## [MATERIAL TO PROCESS]

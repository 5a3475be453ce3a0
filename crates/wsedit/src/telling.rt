// Lines for people, emitted in pieces that take no memory.
ghost use Rattle.std.specs.Prelude.{◌≡◌, ◌++◌, List, OnOk, codes, decimal};
ghost use Rattle.wse_path.specs.Causes.{HasCause};
ghost use Rattle.wse_path.specs.Path.{bytes_of as segments_of, text_of};
ghost use Rattle.wse_io.specs.Stream.{Piece, Adds, IsPrefix, bytes_of};
ghost use Rattle.wse_reply.specs.Limits.{limit_name};

use itoa::Buffer;
use wse_disk::Disk;
use wse_io::{Sink, WriteFailed, emit_all};
use wse_path::{RelPath, Which};

/// The words before the number that passes a limit.
pub fn too_big_words(which: Which) -> &'static str
    ensures { result.now ≡ codes "wsedit: too big: " ++ (limit_name which ++ codes " ") }
{
    match which {
        Which::Files => "wsedit: too big: files ",
        Which::FileBytes => "wsedit: too big: file bytes ",
        Which::TreeBytes => "wsedit: too big: tree bytes ",
        Which::Known => "wsedit: too big: known ",
        Which::Weight => "wsedit: too big: weight ",
        Which::Serial => "wsedit: too big: serial ",
    }
}

/// Emits one text, and another behind it.
pub fn emit_two<E: Sink, D: Disk>(
    errs: &mut E,
    disk: &D,
    first: &str,
    second: &str,
) -> Result<(), WriteFailed>
    ensures told { (told : List Piece) × Adds (E.pieces errs.old) (E.pieces errs.new) told
        × IsPrefix (bytes_of told) (first.now ++ second.now)
        × OnOk result (bytes_of told ≡ first.now ++ second.now) }
    ensures cause { HasCause (E.faults errs.old) (E.faults errs.new) result }
{
    let Ok(()) = emit_all(errs, disk, first.as_bytes()) else {
        return Err(WriteFailed);
    };
    emit_all(errs, disk, second.as_bytes())
}

/// Emits the words before a number, the number, and the words behind it.
pub fn emit_number<E: Sink, D: Disk>(
    errs: &mut E,
    disk: &D,
    before: &str,
    number: u64,
    behind: &str,
) -> Result<(), WriteFailed>
    ensures told { (told : List Piece) × Adds (E.pieces errs.old) (E.pieces errs.new) told
        × IsPrefix (bytes_of told) (before.now ++ (decimal number ++ behind.now))
        × OnOk result (bytes_of told ≡ before.now ++ (decimal number ++ behind.now)) }
    ensures cause { HasCause (E.faults errs.old) (E.faults errs.new) result }
{
    let mut buffer = Buffer::new();
    let Ok(()) = emit_all(errs, disk, before.as_bytes()) else {
        return Err(WriteFailed);
    };
    emit_two(errs, disk, buffer.format(number), behind)
}

/// Emits the segments, joined by `/`.
fn emit_joined<E: Sink, D: Disk>(
    errs: &mut E,
    disk: &D,
    segments: &[String],
) -> Result<(), WriteFailed>
    ensures told { (told : List Piece) × Adds (E.pieces errs.old) (E.pieces errs.new) told
        × IsPrefix (bytes_of told) (text_of (segments_of segments.now))
        × OnOk result (bytes_of told ≡ text_of (segments_of segments.now)) }
    ensures cause { HasCause (E.faults errs.old) (E.faults errs.new) result }
{
    let [first, rest @ ..] = segments else {
        return emit_all(errs, disk, b"");
    };
    let Ok(()) = emit_all(errs, disk, first.as_str().as_bytes()) else {
        return Err(WriteFailed);
    };
    for segment in rest {
        let Ok(()) = emit_two(errs, disk, "/", segment.as_str()) else {
            return Err(WriteFailed);
        };
    }
    Ok(())
}

/// Emits the words before a path, and the path's text.
pub fn emit_path<E: Sink, D: Disk>(
    errs: &mut E,
    disk: &D,
    before: &str,
    path: &RelPath,
) -> Result<(), WriteFailed>
    ensures told { (told : List Piece) × Adds (E.pieces errs.old) (E.pieces errs.new) told
        × IsPrefix (bytes_of told) (before.now ++ (text_of path.now ++ codes "\n"))
        × OnOk result (bytes_of told ≡ before.now ++ (text_of path.now ++ codes "\n")) }
    ensures cause { HasCause (E.faults errs.old) (E.faults errs.new) result }
{
    let Ok(()) = emit_all(errs, disk, before.as_bytes()) else {
        return Err(WriteFailed);
    };
    let Ok(()) = emit_joined(errs, disk, path.segments()) else {
        return Err(WriteFailed);
    };
    emit_all(errs, disk, b"\n")
}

## [YOUR TASK]
With "ghost" as the search word, count the matching lines in the records and give the number alone.

## [OUTPUT OF THE EXERCISE]
5